START TASK MATERIAL

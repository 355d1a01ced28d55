// What is said of two logs, and the status.
ghost use Rattle.std.specs.Prelude.{◌≡◌};
ghost use Rattle.text.specs.Line.{Shows};
ghost use Rattle.cmd_compare.specs.Tally.{equal};
ghost use Rattle.cmd_compare.specs.Verdict.{compared_text, other_text, verdict_text, compared_status, is_done, status_of, to_show, status_shown};

use crate::piece::{End, Other};
use crate::tally::{Tally, answers_of, more_of};
use console::status::Status;
use text::line::Line;
use text::verdict::{differ_line, equal_line, other_line, refused_line};

fn equal(t: Tally) -> bool
    ensures { result ≡ equal t }
{
    (t.differing == 0) & (t.first == t.second)
}

// Of logs that were compared to their ends.
fn compared_line(t: Tally) -> Line
    ensures { Shows result (compared_text t) }
{
    if equal(t) {
        return equal_line(answers_of(t));
    }
    let first = more_of(t.kind, t.first, t.second);
    let second = more_of(t.kind, t.second, t.first);
    differ_line(t.differing, answers_of(t), first, second)
}

fn line_of_other(o: Other) -> Line
    ensures { Shows result (other_text o) }
{
    other_line(u8::from(o.log), o.answer, o.place, o.byte, o.kind)
}

// The first line; none where the logs could not be read.
// Ruled out: equal for logs of which one has more; a refusal that reads as a difference.
#[tactic(auto, using(crate::proofs::Giving::none_shown), unfolding(crate::specs::Verdict::verdict_text))]
pub fn verdict_line(t: Tally, end: End) -> Line
    ensures { Shows result (verdict_text t end) }
{
    match end {
        End::Done => compared_line(t),
        End::Refused(r) => refused_line(r),
        End::OtherKind(o) => line_of_other(o),
        End::More => Line::empty(),
        End::NotRead(_) => Line::empty(),
        End::NotWritten => Line::empty(),
    }
}

fn compared_status(t: Tally) -> Status
    ensures { result ≡ compared_status t }
{
    if equal(t) {
        Status::Done
    } else {
        Status::Found
    }
}

// Whether a pass came to the ends of both logs.
// Ruled out: logs that were refused, or could not be read, taken for compared ones.
fn is_done(end: End) -> bool
    ensures { result ≡ is_done end }
{
    match end {
        End::Done => true,
        End::More => false,
        End::Refused(_) => false,
        End::OtherKind(_) => false,
        End::NotRead(_) => false,
        End::NotWritten => false,
    }
}

// Ruled out: a difference that ends as done; logs that were refused or not read that end as done or as differing.
pub fn status_of(t: Tally, end: End) -> Status
    ensures { result ≡ status_of t end }
{
    if is_done(end) {
        return compared_status(t);
    }
    Status::Failed
}

// Whether there are answers to show.
// Ruled out: a second pass over logs that were refused; none where an answer differs.
pub fn to_show(t: Tally, end: End) -> bool
    ensures { result ≡ to_show t end }
{
    is_done(end) & (t.differing > 0)
}

// The status after the pass that shows them, which ends as the first did unless the logs have changed or can't be read.
// Ruled out: lines left out that end as a difference shown whole.
pub fn status_shown(s: Status, end: End) -> Status
    ensures { result ≡ status_shown s end }
{
    if is_done(end) { s } else { Status::Failed }
}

END TASK MATERIAL

EXERCISE AIM
For the material above, reproduce exactly the lines from the line with "use text::line::Line;" to the line with "not be read.", inclusive, and exclude all others.

COMPLETED EXERCISE
use text::line::Line;
use text::verdict::{differ_line, equal_line, other_line, refused_line};

fn equal(t: Tally) -> bool
    ensures { result ≡ equal t }
{
    (t.differing == 0) & (t.first == t.second)
}

// Of logs that were compared to their ends.
fn compared_line(t: Tally) -> Line
    ensures { Shows result (compared_text t) }
{
    if equal(t) {
        return equal_line(answers_of(t));
    }
    let first = more_of(t.kind, t.first, t.second);
    let second = more_of(t.kind, t.second, t.first);
    differ_line(t.differing, answers_of(t), first, second)
}

fn line_of_other(o: Other) -> Line
    ensures { Shows result (other_text o) }
{
    other_line(u8::from(o.log), o.answer, o.place, o.byte, o.kind)
}

// The first line; none where the logs could not be read.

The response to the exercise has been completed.